[Extracted data entries]
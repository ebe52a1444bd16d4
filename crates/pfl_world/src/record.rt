//! One record of the peer's comes to a node by itself, and its edits go onto a tape (if_pfsync.c).

ghost use Rattle.std.specs.Prelude.{◌≡◌, ◌+◌, ◌≤◌, None, IfErr, OnOk, OnErr, length};
ghost use Rattle.std.specs.List.{AllByRecursion};
ghost use Rattle.pfl_edits.specs.Changes.{Fits, back};
ghost use Rattle.pfl_edits.specs.Tapes.{above, below};
ghost use Rattle.pfl_node.specs.Delivering.{message_refusal, message_taken};
ghost use Rattle.pfl_node.specs.desk.Nodes.{IsRefusal};
ghost use Rattle.pfl_world.specs.Values.{HoldsLittle};
ghost use Rattle.pfl_world.specs.WorldEdits.{Finds, put_back};
ghost use Rattle.pfl_world.specs.Worlds.{IsWorld, node_at, with_node};

use crate::edit::WorldTape;
use crate::world::World;
use pfl_base::{NodeId, Refusal};
use pfl_wire::Message;
use std::alloc::Allocator;

impl<A: Allocator + Copy> World<A> {
    /// Lets a node take one record of a peer whose rules have this checksum, and appends what it changed to the tape. Where the record
    /// is refused the tape keeps its edits, and at most gains room.
    pub fn take_record_on(
        &mut self,
        to: NodeId,
        message: &Message,
        print: &[u8; 16],
        tape: &mut WorldTape<A>,
    ) -> Result<(), Refusal>
        ensures refused { IfErr result (IsRefusal (message_refusal (node_at self.old to) message.now print.now)) }
        ensures unchanged { OnErr result (self.new ≡ self.old) }
        ensures untaped { OnErr result (tape.new.list ≡ tape.old.list) }
        ensures not_refused { OnOk result (message_refusal (node_at self.old to) message.now print.now ≡ None) }
        ensures world { OnOk result (self.new ≡ with_node self.old to (message_taken (node_at self.old to) message.now print.now)) }
        ensures taped { below (length tape.old.list) tape.new.list ≡ tape.old.list }
        ensures fits { OnOk result (Fits Finds IsWorld put_back (above (length tape.old.list) tape.new.list) self.new) }
        ensures back { OnOk result (back put_back (above (length tape.old.list) tape.new.list) self.new ≡ self.old) }
        ensures small { OnOk result (AllByRecursion HoldsLittle (above (length tape.old.list) tape.new.list)) }
        ensures room { tape.old.spare + length tape.old.list ≤ tape.new.spare + length tape.new.list }
    {
        self.known();
        self.nodes
            .at_mut(to)
            .take_message_on(message, print, to, tape)
    }
}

■ **Work order**
The answer must consist of every line from the entries that holds the string "OnErr".

■ **Solution to the exercise**
ghost use Rattle.std.specs.Prelude.{◌≡◌, ◌+◌, ◌≤◌, None, IfErr, OnOk, OnErr, length};
        ensures unchanged { OnErr result (self.new ≡ self.old) }
        ensures untaped { OnErr result (tape.new.list ≡ tape.old.list) }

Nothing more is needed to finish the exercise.